Между прочим, я склонна не согласиться с Мариной: Олег совершенно не производит впечатления человека, нуждающегося в опеке.
– Наши отношения с Олегом всегда были непростыми. Возможно, он вам об этом рассказывал? – Она вопросительно взглянула на меня. – Видите ли, я певица. Профессия, прямо скажем, не сидячая: приходится много путешествовать, мы редко виделись, а после приезда заново привыкали друг к другу. Мы часто ссорились, даже хотели расстаться – особенно в тот период, когда… Агния, Олег рассказывал вам о Дашеньке?
– Да, – ответила я. – Мне очень жаль, что с вашей дочерью произошла такая трагедия. Я сама мать, и могу себе представить, что вы, должно быть, испытали и испытываете до сих пор!
– Вы правы, это невозможно пережить, – тихо сказала Марина, и мне показалось, что она сейчас заплачет. Но женщина взяла себя в руки. – Мы оба с Олегом вели себя тогда глупо. Вместо того чтобы вместе пытаться преодолеть несчастье, мы постоянно ругались, обвиняя друг друга в гибели дочери. Наверное, я виновата больше, чем он, ведь Даша находилась со мной, когда утонула…
Мне было нечего на это сказать, поэтому я сочла за благо промолчать.
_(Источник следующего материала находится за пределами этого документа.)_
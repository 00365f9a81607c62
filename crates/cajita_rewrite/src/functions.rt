//! Rewritten functions (ES3 13). Each function fails with `Memory` where memory is wanting.

ghost use Rattle.std.specs.Prelude.{◌≡◌, false, IfOk};
ghost use Rattle.es3_tree.specs.View as made;
ghost use Rattle.cajita_tree.specs.Tree as tree;
ghost use Rattle.cajita_tree.specs.View as source;
ghost use Rattle.cajita_rewrite.specs.Rewrite.{rewritten};

use crate::bodies::{add_marks, add_names};
use crate::statements::rewrite_stmts;
use caja_units::Memory;
use cajita_tree::CFunc;
use es3_tree::{Func, Stmt, make_declaration};
use rewrite_parts::heads::{add_arguments, add_temporaries, add_var};
use rewrite_parts::names::{NOWHERE, copied_names, maybe_name};
use rewrite_parts::temporaries::Temporaries;
use std::alloc::Global;

/// The function as it is rewritten: its temporaries are its own.
#[cycle(forms)]
#[tactic(auto, unfolding(crate::specs::Rewrite::rewritten))]
pub(crate) fn rewrite_function(alloc: Global, function: &CFunc) -> Result<Func, Memory>
    ensures { IfOk result (λ f. made.func f ≡ rewritten false tree.func 0 (source.func function.now)) }
{
    let mut temporaries = Temporaries::none();
    let mut list = rewrite_stmts(alloc, &mut temporaries, &function.body.list)?;
    let mut variables = Vec::new(alloc);
    if function.args {
        add_arguments(alloc, &mut variables)?;
    }
    add_temporaries(alloc, &mut variables, temporaries.taken)?;
    add_names(
        alloc,
        &mut variables,
        &function.body.vars,
        &function.body.list,
    )?;
    let mut body = Vec::new(alloc);
    add_var(&mut body, variables)?;
    body.append(&mut rewrite_functions(alloc, &function.body.funcs)?)?;
    add_marks(alloc, &mut body, &function.body.funcs)?;
    body.append(&mut list)?;
    Ok(Func {
        name: maybe_name(alloc, &function.name)?,
        params: copied_names(alloc, &function.params)?,
        body,
        at: NOWHERE,
    })
}

/// The functions that a body declares.
#[cycle(forms)]
#[tactic(auto, unfolding(crate::specs::Rewrite::rewritten))]
pub(crate) fn rewrite_functions(alloc: Global, functions: &[CFunc]) -> Result<Vec<Stmt>, Memory>
    ensures { IfOk result (λ v. made.of_stmts v.items ≡ rewritten false tree.funcs 0 (source.of_funcs functions.now)) }
{
    let mut done = Vec::new(alloc);
    for function in functions {
        done.push(make_declaration(rewrite_function(alloc, function)?))?;
    }
    Ok(done)
}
– К счастью, – продолжала Марина, – подруга посоветовала мне обратиться к психологу. Мы отправились туда вместе с Олегом, хотя он и возражал. Через несколько сеансов мы пришли к выводу, что нашей уменьшившейся семье необходимо сменить обстановку – просто для того, чтобы выжить. Олег решил осесть в Питере. Это решение меня не удивило и даже обрадовало, потому что я знала, что он здесь учился, у него тут полно институтских друзей, а я все равно могу продолжать гастролировать, и перемена места жительства на это никак не повлияет. Мы договорились, что Олег поедет первым, найдет жилье, разберется с работой, а потом я присоединюсь к нему. К сожалению, процесс немного затянулся. У меня образовались очередные концерты на периферии, да и Олег никак не мог выбрать время, чтобы закончить ремонт, купить мебель и так далее. В общем, как только мой график позволил, я подумала: бог с ними, с удобствами, но лучше я буду рядом с мужем!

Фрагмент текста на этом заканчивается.